■ Work order: Copy out all lines from the entries below in which "record" occurs.

Items listed in a dataset
+-------+

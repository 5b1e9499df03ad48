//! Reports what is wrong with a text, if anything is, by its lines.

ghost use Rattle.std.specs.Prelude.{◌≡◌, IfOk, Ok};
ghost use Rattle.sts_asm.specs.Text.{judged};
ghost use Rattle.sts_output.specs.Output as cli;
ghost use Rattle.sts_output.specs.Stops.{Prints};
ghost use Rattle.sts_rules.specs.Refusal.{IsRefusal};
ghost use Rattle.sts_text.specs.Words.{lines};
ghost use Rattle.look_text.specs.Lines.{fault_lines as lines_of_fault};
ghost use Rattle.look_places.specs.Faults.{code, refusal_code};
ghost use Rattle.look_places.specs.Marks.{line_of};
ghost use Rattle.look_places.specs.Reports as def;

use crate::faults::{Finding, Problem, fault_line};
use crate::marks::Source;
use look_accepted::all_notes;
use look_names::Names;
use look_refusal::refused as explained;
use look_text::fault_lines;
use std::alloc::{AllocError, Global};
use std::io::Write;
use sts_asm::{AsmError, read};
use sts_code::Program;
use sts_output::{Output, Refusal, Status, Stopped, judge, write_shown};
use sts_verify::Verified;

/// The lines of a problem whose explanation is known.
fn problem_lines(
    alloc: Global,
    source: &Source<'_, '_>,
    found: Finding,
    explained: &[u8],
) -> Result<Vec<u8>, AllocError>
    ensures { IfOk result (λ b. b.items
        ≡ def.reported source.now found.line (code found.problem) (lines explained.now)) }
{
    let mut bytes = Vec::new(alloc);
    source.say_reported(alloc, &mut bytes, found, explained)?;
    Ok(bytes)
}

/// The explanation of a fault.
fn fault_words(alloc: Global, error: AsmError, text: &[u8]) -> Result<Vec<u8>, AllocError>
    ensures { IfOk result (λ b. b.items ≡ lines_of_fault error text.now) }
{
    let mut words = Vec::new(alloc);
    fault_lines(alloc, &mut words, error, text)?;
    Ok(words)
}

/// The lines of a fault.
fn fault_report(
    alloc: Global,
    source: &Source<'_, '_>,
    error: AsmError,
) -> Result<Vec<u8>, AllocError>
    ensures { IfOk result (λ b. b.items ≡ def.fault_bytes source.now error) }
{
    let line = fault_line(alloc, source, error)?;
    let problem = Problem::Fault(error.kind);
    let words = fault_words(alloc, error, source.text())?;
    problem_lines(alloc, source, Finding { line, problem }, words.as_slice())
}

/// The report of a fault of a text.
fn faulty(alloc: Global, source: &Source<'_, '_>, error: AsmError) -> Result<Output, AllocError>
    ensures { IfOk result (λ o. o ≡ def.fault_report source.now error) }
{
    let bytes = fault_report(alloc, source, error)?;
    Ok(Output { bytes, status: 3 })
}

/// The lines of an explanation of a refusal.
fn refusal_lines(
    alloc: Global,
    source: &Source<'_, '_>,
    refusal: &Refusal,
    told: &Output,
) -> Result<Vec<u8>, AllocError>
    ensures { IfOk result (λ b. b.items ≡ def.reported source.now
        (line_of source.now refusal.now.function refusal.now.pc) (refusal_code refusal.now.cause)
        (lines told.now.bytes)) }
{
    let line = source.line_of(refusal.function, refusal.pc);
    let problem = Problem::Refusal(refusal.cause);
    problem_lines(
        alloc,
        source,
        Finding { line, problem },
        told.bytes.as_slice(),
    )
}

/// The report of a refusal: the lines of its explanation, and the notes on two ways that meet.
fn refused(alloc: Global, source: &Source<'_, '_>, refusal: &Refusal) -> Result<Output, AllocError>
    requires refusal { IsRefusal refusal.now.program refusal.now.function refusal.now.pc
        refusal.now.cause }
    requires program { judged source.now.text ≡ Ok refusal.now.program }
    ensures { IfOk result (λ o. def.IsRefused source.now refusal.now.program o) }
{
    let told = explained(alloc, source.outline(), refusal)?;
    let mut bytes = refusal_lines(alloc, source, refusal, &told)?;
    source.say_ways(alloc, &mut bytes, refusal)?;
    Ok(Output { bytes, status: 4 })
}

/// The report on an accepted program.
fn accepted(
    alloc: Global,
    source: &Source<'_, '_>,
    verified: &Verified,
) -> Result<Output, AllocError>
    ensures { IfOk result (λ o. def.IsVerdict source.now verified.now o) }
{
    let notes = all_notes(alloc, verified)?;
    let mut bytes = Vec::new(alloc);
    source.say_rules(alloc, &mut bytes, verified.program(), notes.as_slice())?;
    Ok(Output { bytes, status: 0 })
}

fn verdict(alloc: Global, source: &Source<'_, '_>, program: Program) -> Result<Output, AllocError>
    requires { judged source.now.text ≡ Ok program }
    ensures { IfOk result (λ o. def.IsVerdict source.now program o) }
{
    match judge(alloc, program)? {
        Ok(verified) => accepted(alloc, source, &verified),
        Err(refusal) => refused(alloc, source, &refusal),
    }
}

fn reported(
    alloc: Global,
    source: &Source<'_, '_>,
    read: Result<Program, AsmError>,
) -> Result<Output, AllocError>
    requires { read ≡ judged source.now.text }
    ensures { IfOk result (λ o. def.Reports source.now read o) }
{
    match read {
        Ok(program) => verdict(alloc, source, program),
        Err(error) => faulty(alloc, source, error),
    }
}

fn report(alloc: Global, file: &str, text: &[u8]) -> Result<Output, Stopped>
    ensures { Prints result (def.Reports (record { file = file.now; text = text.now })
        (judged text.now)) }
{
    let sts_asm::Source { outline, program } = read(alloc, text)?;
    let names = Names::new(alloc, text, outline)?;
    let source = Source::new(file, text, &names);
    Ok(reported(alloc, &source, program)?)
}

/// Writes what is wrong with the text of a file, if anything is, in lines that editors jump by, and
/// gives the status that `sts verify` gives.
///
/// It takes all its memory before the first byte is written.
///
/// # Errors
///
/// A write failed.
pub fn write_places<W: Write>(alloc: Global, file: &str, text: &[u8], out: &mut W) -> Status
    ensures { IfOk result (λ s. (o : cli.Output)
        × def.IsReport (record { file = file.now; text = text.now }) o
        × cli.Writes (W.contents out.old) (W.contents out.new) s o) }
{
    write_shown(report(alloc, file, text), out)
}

+-------+

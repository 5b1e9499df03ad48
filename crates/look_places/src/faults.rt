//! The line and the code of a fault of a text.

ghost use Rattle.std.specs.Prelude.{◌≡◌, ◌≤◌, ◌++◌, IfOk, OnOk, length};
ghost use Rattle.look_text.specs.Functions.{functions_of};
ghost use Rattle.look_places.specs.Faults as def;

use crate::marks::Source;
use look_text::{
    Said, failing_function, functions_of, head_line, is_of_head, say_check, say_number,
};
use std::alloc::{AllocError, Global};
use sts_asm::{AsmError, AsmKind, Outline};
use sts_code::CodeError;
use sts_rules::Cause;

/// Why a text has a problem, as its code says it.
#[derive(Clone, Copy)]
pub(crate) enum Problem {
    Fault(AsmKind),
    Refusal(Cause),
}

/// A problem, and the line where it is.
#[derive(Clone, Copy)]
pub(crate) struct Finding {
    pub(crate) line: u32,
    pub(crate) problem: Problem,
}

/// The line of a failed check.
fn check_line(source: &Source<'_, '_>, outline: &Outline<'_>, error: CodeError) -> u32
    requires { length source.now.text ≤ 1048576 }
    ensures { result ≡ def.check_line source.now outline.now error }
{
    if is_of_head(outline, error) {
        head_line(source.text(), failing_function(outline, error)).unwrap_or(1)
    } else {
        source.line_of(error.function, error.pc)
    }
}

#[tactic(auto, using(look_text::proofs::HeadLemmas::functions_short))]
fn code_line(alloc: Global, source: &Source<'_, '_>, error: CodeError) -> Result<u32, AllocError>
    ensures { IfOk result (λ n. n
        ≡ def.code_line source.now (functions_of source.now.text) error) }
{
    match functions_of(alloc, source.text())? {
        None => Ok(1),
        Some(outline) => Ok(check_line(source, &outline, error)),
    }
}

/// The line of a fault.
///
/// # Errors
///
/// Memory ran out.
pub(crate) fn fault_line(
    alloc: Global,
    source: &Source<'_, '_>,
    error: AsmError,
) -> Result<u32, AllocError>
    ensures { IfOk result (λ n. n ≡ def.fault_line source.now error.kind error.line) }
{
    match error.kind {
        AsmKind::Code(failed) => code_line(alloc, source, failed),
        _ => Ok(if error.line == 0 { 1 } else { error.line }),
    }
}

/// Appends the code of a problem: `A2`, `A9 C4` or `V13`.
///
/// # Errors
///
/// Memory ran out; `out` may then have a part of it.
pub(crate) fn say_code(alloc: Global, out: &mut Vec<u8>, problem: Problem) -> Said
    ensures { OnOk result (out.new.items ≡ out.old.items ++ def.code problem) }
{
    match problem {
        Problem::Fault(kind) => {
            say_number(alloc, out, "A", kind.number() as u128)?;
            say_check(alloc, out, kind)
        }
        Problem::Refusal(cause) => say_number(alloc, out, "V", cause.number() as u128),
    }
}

+-------+

■ Written solution:
    ensures { Prints result (def.Reports (record { file = file.now; text = text.now })
        × def.IsReport (record { file = file.now; text = text.now }) o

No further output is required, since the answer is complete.